The film finds itself plagued by pretty poor reception, and most of its struggles seem to be in its structure. Alfredson went on record in recent weeks stating how rushed the production became. In fact, he’s quoted saying that the crew didn’t get to shoot almost fifteen percent of the script. At points, the missing pieces do feel very noticeable. Scenes throughout the film are plagued with massive transitional gaps. As such, the very procedurally based crime film struggles to string together the clues. In one moment, we see Hole passed out on a street-corner. However, in the very next shot, he’s sitting in a cafe across from Katrine, fully recovered. How did he get there? Massive leaps like this leave the audience grappling to put together the pieces in their own heads and can drastically pull them back from the story. 
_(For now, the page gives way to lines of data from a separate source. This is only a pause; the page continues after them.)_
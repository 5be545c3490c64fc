//! Get and Put.

ghost use Rattle.std.specs.Prelude.{◌≡◌, ◌∷◌, [], false, IsSome, IfOk, OnOk, Ok};
ghost use Rattle.am_text.specs.Utf8.{utf8};
ghost use Rattle.name_tree.specs.Kinds.{file_clashes};
ghost use Rattle.name_tree.specs.Listing.{found_at};
ghost use Rattle.core_windows.specs.Windows.{window_at};
ghost use Rattle.core_scene.specs.Scenes.{scene_of, kept_of, Did};
ghost use Rattle.core_scene.specs.declared.deed.Deed.TheVariants as deed;
ghost use Rattle.core_actions.specs.Seen.{dir_of};
ghost use Rattle.core_actions.specs.Files.{text_found, file_text, fill_deeds, fill_outcome, get_outcome, save_job};
ghost use Rattle.core_actions.specs.Files.{store_deeds, is_own, clean_if, put_deeds, put_at, put_outcome};

use crate::deeds::{edit_and_set, set_in_window};
use crate::fault::ActionFault;
use crate::paths::{path_named, path_of};
use crate::seen::{dir_at, fits, name_at, size_at, text_at};
use am_text::{NoMemory, Range, Rune, Runes, decode_whole, encode};
use core_addresses::replacement;
use core_scene::{Deed, Entry, Found, Job, JobKind, Op, Scene, Setting, Tree, Windows};
use std::alloc::Global;

/// A text, and the path under which it is stored.
#[derive(Drop)]
pub struct Saved {
    pub path: Runes,
    pub text: Runes,
}

// The text of the file or directory of a path.
fn text_found(
    alloc: Global,
    files: &Tree,
    path: &Runes,
) -> Result<Result<Runes, ActionFault>, NoMemory>
    ensures { IfOk result (λ text. text ≡ text_found (found_at files.now.present (utf8 path.now))) }
{
    let path = encode(alloc, path)?;
    match files.get(path.as_slice())? {
        Found::None => Ok(Err(ActionFault::FileNotFound)),
        Found::File(bytes) => Ok(Ok(decode_whole(alloc, bytes.as_slice())?)),
        Found::Dir(bytes) => Ok(Ok(decode_whole(alloc, bytes.as_slice())?)),
    }
}

/// The text of the file or directory of a name, or else of the window's name, made whole with the window's directory: a
/// directory's is a line for each of its names. Or why there is none: `NoFileName` where both names are empty, else
/// `FileNotFound`.
pub fn file_text(
    alloc: Global,
    scene: &Scene,
    window: u32,
    name: &[Rune],
) -> Result<Result<Runes, ActionFault>, NoMemory>
    ensures { IfOk result (λ text. text ≡ file_text window name.now (scene_of scene.now)) }
{
    match path_of(alloc, &scene.windows, window, name)? {
        Ok(path) => text_found(alloc, &scene.files, &path),
        Err(fault) => Ok(Err(fault)),
    }
}

// The text takes the place of the body, which counts as unmodified.
#[tactic(auto, using(crate::proofs::Windows::editing))]
fn fill(
    alloc: Global,
    scene: &mut Scene,
    entry: Entry,
    window: u32,
    text: Runes,
) -> Result<(), NoMemory>
    requires { IsSome (window_at scene.old.windows.present window) }
    ensures ok { OnOk result (Did entry (scene_of scene.old) (scene_of scene.new)
        (fill_deeds window text (scene_of scene.old))) }
    ensures kept { kept_of scene.new ≡ kept_of scene.old }
{
    let whole = Range {
        q0: 0,
        q1: size_at(&scene.windows, window),
    };
    let edits = replacement(alloc, whole, text)?;
    edit_and_set(alloc, scene, entry, window, (edits, Setting::Clean))
}

// What was done to a window is noted for the file `log`.
fn note(alloc: Global, scene: &mut Scene, entry: Entry, window: u32, op: Op) -> Result<(), NoMemory>
    ensures ok { OnOk result (Did entry (scene_of scene.old) (scene_of scene.new) (deed.Notes window op ∷ [])) }
    ensures kept { kept_of scene.new ≡ kept_of scene.old }
{
    scene.act(alloc, entry, Deed::Notes { window, op })
}

/// Get: the text of the file or directory of a name, or else of the window's name, takes the place of the body, which
/// then counts as unmodified. It is noted for the file `log`, with the window's name.
///
/// It isn't done where there is no such text, or where it has more than 16,777,216 runes.
#[tactic(auto, using(crate::proofs::Windows::joins))]
pub fn get(
    alloc: Global,
    scene: &mut Scene,
    entry: Entry,
    window: u32,
    name: &[Rune],
) -> Result<Option<ActionFault>, NoMemory>
    requires { IsSome (window_at scene.old.windows.present window) }
    ensures fault { IfOk result (λ fault. fault ≡ (get_outcome window name.now (scene_of scene.old)).fault) }
    ensures ok { OnOk result (Did entry (scene_of scene.old) (scene_of scene.new)
        (get_outcome window name.now (scene_of scene.old)).deeds) }
    ensures kept { kept_of scene.new ≡ kept_of scene.old }
{
    match file_text(alloc, scene, window, name)? {
        Ok(text) => fill_if_fits(alloc, scene, entry, window, text),
        Err(fault) => Ok(Some(fault)),
    }
}

#[tactic(auto, using(crate::proofs::Windows::joins))]
fn fill_if_fits(
    alloc: Global,
    scene: &mut Scene,
    entry: Entry,
    window: u32,
    text: Runes,
) -> Result<Option<ActionFault>, NoMemory>
    requires { IsSome (window_at scene.old.windows.present window) }
    ensures fault { IfOk result (λ fault. fault ≡ (fill_outcome window (Ok text) (scene_of scene.old)).fault) }
    ensures ok { OnOk result (Did entry (scene_of scene.old) (scene_of scene.new)
        (fill_outcome window (Ok text) (scene_of scene.old)).deeds) }
    ensures kept { kept_of scene.new ≡ kept_of scene.old }
{
    if !fits(0, text.len()) {
        return Ok(Some(ActionFault::TextTooLong));
    }
    fill(alloc, scene, entry, window, text)?;
    note(alloc, scene, entry, window, Op::Get)?;
    Ok(None)
}

// The request to save a text.
fn save_job(alloc: Global, windows: &Windows, window: u32, saved: Saved) -> Result<Job, NoMemory>
    ensures { IfOk result (λ job. job ≡ save_job window (dir_of (window_at windows.now.present window)) saved) }
{
    let Saved { path, text } = saved;
    Ok(Job {
        kind: JobKind::Save,
        window,
        dir: dir_at(alloc, windows, window)?,
        command: path,
        input: text,
    })
}

/// Stores a text, and requests a program to save it. The windows stay as they are.
#[tactic(auto, using(crate::proofs::Windows::joins))]
pub fn store(
    alloc: Global,
    scene: &mut Scene,
    entry: Entry,
    window: u32,
    saved: Saved,
) -> Result<(), NoMemory>
    requires { file_clashes scene.old.files.present (utf8 saved.path) ≡ false }
    ensures ok { OnOk result (Did entry (scene_of scene.old) (scene_of scene.new)
        (store_deeds window saved (scene_of scene.old))) }
    ensures windows { OnOk result (scene.new.windows.present ≡ scene.old.windows.present) }
    ensures kept { kept_of scene.new ≡ kept_of scene.old }
{
    let path = encode(alloc, &saved.path)?;
    let bytes = encode(alloc, &saved.text)?;
    let job = save_job(alloc, &scene.windows, window, saved)?;
    scene.act(alloc, entry, Deed::Stores { path, bytes })?;
    scene.act(alloc, entry, Deed::Requests(job))
}

// Whether the path is that of the window's name.
fn is_own(alloc: Global, windows: &Windows, window: u32, path: &[Rune]) -> Result<bool, NoMemory>
    ensures { IfOk result (λ own. own ≡ is_own (window_at windows.now.present window) path.now) }
{
    let name = name_at(alloc, windows, window)?;
    let dir = dir_at(alloc, windows, window)?;
    let own = path_named(alloc, dir.as_slice(), name.as_slice())?;
    Ok(!name.is_empty() && path == own.as_slice())
}

#[tactic(auto, using(crate::proofs::Windows::joins))]
fn clean_if(
    alloc: Global,
    scene: &mut Scene,
    entry: Entry,
    window: u32,
    own: bool,
) -> Result<(), NoMemory>
    requires { IsSome (window_at scene.old.windows.present window) }
    ensures ok { OnOk result (Did entry (scene_of scene.old) (scene_of scene.new) (clean_if own window)) }
    ensures kept { kept_of scene.new ≡ kept_of scene.old }
{
    if own {
        set_in_window(alloc, scene, entry, window, Setting::Clean)
    } else {
        Ok(())
    }
}

// Stores a text, which the window counts as unmodified for where the path is its own.
#[tactic(auto, using(crate::proofs::Windows::joins))]
fn save(
    alloc: Global,
    scene: &mut Scene,
    entry: Entry,
    window: u32,
    saved: Saved,
) -> Result<(), NoMemory>
    requires lives { IsSome (window_at scene.old.windows.present window) }
    requires free { file_clashes scene.old.files.present (utf8 saved.path) ≡ false }
    ensures ok { OnOk result (Did entry (scene_of scene.old) (scene_of scene.new)
        (put_deeds window saved (scene_of scene.old))) }
    ensures kept { kept_of scene.new ≡ kept_of scene.old }
{
    let own = is_own(alloc, &scene.windows, window, saved.path.as_slice())?;
    store(alloc, scene, entry, window, saved)?;
    clean_if(alloc, scene, entry, window, own)
}

#[tactic(auto, using(crate::proofs::Windows::joins))]
fn put_at(
    alloc: Global,
    scene: &mut Scene,
    entry: Entry,
    window: u32,
    path: Runes,
) -> Result<Option<ActionFault>, NoMemory>
    requires { IsSome (window_at scene.old.windows.present window) }
    ensures fault { IfOk result (λ fault. fault ≡ (put_at window (Ok path) (scene_of scene.old)).fault) }
    ensures ok { OnOk result (Did entry (scene_of scene.old) (scene_of scene.new)
        (put_at window (Ok path) (scene_of scene.old)).deeds) }
    ensures kept { kept_of scene.new ≡ kept_of scene.old }
{
    let bytes = encode(alloc, &path)?;
    if scene.files.clashes_file(bytes.as_slice()) {
        return Ok(Some(ActionFault::FileNotFound));
    }
    let text = text_at(alloc, &scene.windows, window)?;
    save(alloc, scene, entry, window, Saved { path, text })?;
    note(alloc, scene, entry, window, Op::Put)?;
    Ok(None)
}

/// Put: the body is stored under a name, or else under the window's name, made whole with the window's directory, and a
/// program is requested to save it. The window then counts as unmodified where the path is that of its own name. It is
/// noted for the file `log`, with the window's name.
///
/// It isn't done where both names are empty, or where no file can be stored there.
#[tactic(auto, using(crate::proofs::Windows::joins))]
pub fn put(
    alloc: Global,
    scene: &mut Scene,
    entry: Entry,
    window: u32,
    name: &[Rune],
) -> Result<Option<ActionFault>, NoMemory>
    requires { IsSome (window_at scene.old.windows.present window) }
    ensures fault { IfOk result (λ fault. fault ≡ (put_outcome window name.now (scene_of scene.old)).fault) }
    ensures ok { OnOk result (Did entry (scene_of scene.old) (scene_of scene.new)
        (put_outcome window name.now (scene_of scene.old)).deeds) }
    ensures kept { kept_of scene.new ≡ kept_of scene.old }
{
    match path_of(alloc, &scene.windows, window, name)? {
        Ok(path) => put_at(alloc, scene, entry, window, path),
        Err(fault) => Ok(Some(fault)),
    }
}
The film is cruelly structured, though much of it likely seems by design. The story is packed full of red herrings. As a director, Alfredson is not afraid to tell a complex narrative. In fact, two of his best known works are Tinker Tailor Soldier Spy, and Let the Right One In, not easy films. While this can produce a masterfully compelling story when done right, it also can alienate viewers. In fact, much of The Snowman‘s second act pulls you into a particularly interesting angle on the narrative, only to have it quickly and cruelly change direction at the beginning of the third act. To make matters worse, this happens just when the audience finds themselves growing emotionally attached to certain characters. 

Thelma Schoonmaker is the editor credited on The Snowman. Schoonmaker is a legend in the editing field, having come up alongside director Martin Scorsese.  She’s taken home three Academy Awards for her work on films: Raging Bull, The Aviator and The Departed. While Martin Scorsese is billed as an executive producer on this film, the presence of the lengendary editor on a non-Scorsese directed picture begs the question, what did this film look like before it hit the editing room?

However, the film does manage to piece together a compelling and tense story. At no point did I feel my attention starting to wander. Despite the film’s struggles with structure, it manages to keep a riviting narrative. The mystery aspects of The Snowman felt particularly well-paced. Our first introduction to the killer is legitimately creepy, as the first target is hit with snowballs from an unseen thrower. Furthermore, the film manages to make an ordinary snowman at the first crime scene uncomfortably frightening. 

The Snowman

Furthermore, the film does a stellar job capturing the bleakness of its Scandinavian landscape. The world around our characters is desolate and bleak, much like this story. While much of The Snowman takes place in the center of Oslo, the movie seems at its best in the bleak, but brutal Norwegian countryside. 

The performances in the film are also solid. Michael Fassbender gives a characteristically stoic performance, managing to be believable and interesting as Hole, despite the amount of time he spends sleeping. Fassbender is an actor who continually finds himself just on the cusp of excellence. It seems the strong role necessary to win him the Oscar he richly deserves just manages to keep elluding him.  Meanwhile, a few performers seem do under-utilized, particularly Rebecca Ferguson and J.K. Simmons (in a role which feels strangely timely). A note to directors out there: if you can get J.K. Simmons in your film, use him! Finally, keep an eye out for a stunning performance from Val Kilmer. It’s a bit difficult to spot. 

The Snowman

The Snowman proves itself to be a frustrating film. There is a lot of good stuff on screen. The story is interesting, and it looks absolutely amazing. However, the flaws really hamper any success there could be. With everything going on, this could have been a truly great movie… missed potential is so frustrating. 

The Snowman opens in theaters around the country Friday October 20th.